WASHINGTON, July 13.—An attempt to secure a
favorable report from the senate committee on foreign relations on the Hawaiian
treaty will be made to-morrow. Senator Davis, the chairman of the committee,
said to-day that at to-morrow's meeting he would try to have action taken so
that the treaty could be reported to the senate. Although it is not expected
that the treaty will be disposed of at this session, the impression among
advocates of annexation that the situation demands immediate action may result
in causing the matter to be taken up at once.
This impression, however, is not borne out
by the attitude of Japan, as officially expressed in her notice on the subject.
These notes have been of a uniformly temperate
tone. Japan has given positive assurances that she has no designs on the
Pacific republic.
President McKinley told the members of
the cabinet at to-day's meeting that he was not alarmed. The situation was
talked over by the President and cabinet. It is said that the intention to send
the battle ship Oregon to Honolulu was the principal feature of the
conversation, and the reasons for assigning such a large vessel to
Hawaiian waters were explained for the benefit of those cabinet officers who
knew nothing about the matter. The friendly feeling which has characterized
Japan's relations with the United States is shared by the present Tokio
ministry. All the correspondence with the State department about Hawaii has
shown a desire to maintain those relations even at great cost to Japanese
pride. The correspondence between the Tokio and Honolulu governments over the
immigration question which has been furnished the State department also indicates
that Japan hopes for a settlement of its claims on a peaceable basis.
WASHINGTON, July 13—The President and
cabinet talked about Hawaii and Japan at their regular meeting to-day.
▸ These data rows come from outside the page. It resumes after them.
//! What cursors and look-ups answer in trees of numbers, by the dimensions that are ready: the count, and the greatest key.
use crate::changes::pushed_tree;
use crate::mirror::{has_numbers, number_of};
use crate::ranked::{Number, Ranked};
use std::alloc::Global;
use sum_tree::{Count, SumTree};
use tree_cursor::{Bias, Cursor, Greatest, OutOfMemory, look_up};

// Two numbers that are answered: an item's, and a place.
type Found = (Option<u64>, Option<u64>);

// Whether a slice up to the index 2 has these numbers, and the rest those.
fn cuts(
    alloc: Global,
    tree: &SumTree<Number>,
    bias: Bias,
    front: &[u64],
    rest: &[u64],
) -> Result<bool, OutOfMemory> {
    tree.known();
    let mut cursor = Cursor::new(tree, Count { items: 0 })?;
    let slice = cursor.slice(alloc, &Count { items: 2 }, bias)?;
    let suffix = cursor.suffix(alloc)?;
    Ok(has_numbers(&slice, front) & has_numbers(&suffix, rest))
}

// The number after the first, and the one before that.
fn on_and_back(tree: &SumTree<Number>) -> Result<Found, OutOfMemory> {
    tree.known();
    let mut cursor = Cursor::new(tree, Count { items: 0 })?;
    cursor.next()?;
    let next = number_of(cursor.item());
    cursor.prev()?;
    Ok((next, number_of(cursor.item())))
}

// The number that a seek to an index finds, and the index at which it starts.
fn at_index(tree: &SumTree<Number>, items: u64, bias: Bias) -> Found {
    tree.known();
    let (item, start) = look_up(tree, Count { items: 0 }, &Count { items }, bias);
    (number_of(item), Some(start.items))
}

// The number that a seek to a key finds, and the greatest key before it.
fn at_key(tree: &SumTree<Ranked>, key: u64, bias: Bias) -> Found {
    let target = Greatest { key: Some(key) };
    let (item, start) = look_up(tree, Greatest { key: None }, &target, bias);
    (number_of(item), start.key)
}

// The same by a cursor, with the greatest key up to the end of the item.
fn end_at_key(tree: &SumTree<Ranked>, key: u64, bias: Bias) -> Result<Found, OutOfMemory> {
    let mut cursor = Cursor::new(tree, Greatest { key: None })?;
    cursor.seek(&Greatest { key: Some(key) }, bias)?;
    Ok((number_of(cursor.item()), cursor.end().key))
}

const KEYS: &[u64] = &[3, 5, 8];

// What is asked of the tree of these keys.
enum Ask {
    Index(u64, Bias),
    OnAndBack,
    Key(u64, Bias),
    EndAtKey(u64, Bias),
}

fn by_count(tree: &SumTree<Number>, ask: &Ask) -> Result<Found, OutOfMemory> {
    match *ask {
        Ask::Index(items, bias) => Ok(at_index(tree, items, bias)),
        _ => on_and_back(tree),
    }
}

fn by_key(tree: &SumTree<Ranked>, key: u64, bias: Bias, end: bool) -> Result<Found, OutOfMemory> {
    if end {
        return end_at_key(tree, key, bias);
    }
    Ok(at_key(tree, key, bias))
}

fn answer(alloc: Global, ask: &Ask) -> Result<Found, OutOfMemory> {
    match *ask {
        Ask::Key(key, bias) => by_key(&pushed_tree(alloc, KEYS)?, key, bias, false),
        Ask::EndAtKey(key, bias) => by_key(&pushed_tree(alloc, KEYS)?, key, bias, true),
        _ => by_count(&pushed_tree(alloc, KEYS)?, ask),
    }
}

const ASKS: &[(&str, Ask, Found)] = &[
    (
        "the count, to an end",
        Ask::Index(2, Bias::Left),
        (Some(5), Some(1)),
    ),
    (
        "the count, past an end",
        Ask::Index(2, Bias::Right),
        (Some(8), Some(2)),
    ),
    ("on and back", Ask::OnAndBack, (Some(5), Some(3))),
    ("a key", Ask::Key(5, Bias::Left), (Some(5), Some(3))),
    ("past a key", Ask::Key(5, Bias::Right), (Some(8), Some(5))),
    (
        "a cursor to a key that is none",
        Ask::EndAtKey(4, Bias::Left),
        (Some(5), Some(5)),
    ),
    (
        "a cursor past the last key",
        Ask::EndAtKey(8, Bias::Right),
        (None, Some(8)),
    ),
];

#[test]
fn keys_are_found(rt: HostRuntime) -> Result<(), OutOfMemory> {
    for (name, ask, expected) in ASKS {
        assert!(rt; answer(rt.alloc(), ask)? == *expected, "{name}");
    }
    Ok(())
}

const CUTS: &[(Bias, &[u64], &[u64])] = &[
    (Bias::Left, &[3], &[5, 8]),
    (Bias::Right, &[3, 5], &[8]),
];

fn cuts_keys(alloc: Global, bias: Bias, front: &[u64], rest: &[u64]) -> Result<bool, OutOfMemory> {
    let tree = pushed_tree(alloc, KEYS)?;
    cuts(alloc, &tree, bias, front, rest)
}

#[test]
fn cursors_cut_trees(rt: HostRuntime) -> Result<(), OutOfMemory> {
    for &(bias, front, rest) in CUTS {
        assert!(rt; cuts_keys(rt.alloc(), bias, front, rest)?, "at {front:?}");
    }
    Ok(())
}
The
decision to send the battleship Oregon to Honolulu was indorsed as a good
move, but the President said he was not at all alarmed at the protest made by
Japan against Hawaiian annexation.
AMERICAN
KILLED
By
Spanish Soldiers—Discovered He Was an American.
HAVANA, via KEY WEST, July 13.—Col. Charles Gordon, a well-known American, who served in the Cuban army and was in high
favor with Gen. Gomez on account of his intelligence and bravery, has been
assassinated by the Spaniards in the same manner that Charles Govin was
murdered last year in the province of Havana. Govin and Gordon landed together
in Cuba in the same expedition early in 1896. A few days ago Gordon accompanied
a band of Cubans who were sent under Col. Aulet to attack the town of Ciego
Montero, near the city of Cienfuegos. A brave Cuban officer and an intimate
friend of Gordon, Gustavo Menocal, was also one of the party. As soon as the
attack began the Spanish guerrillas of Cartagena, 200 strong, commanded by Maj.
Braulio Coleron, arrived and overpowered the insurgents.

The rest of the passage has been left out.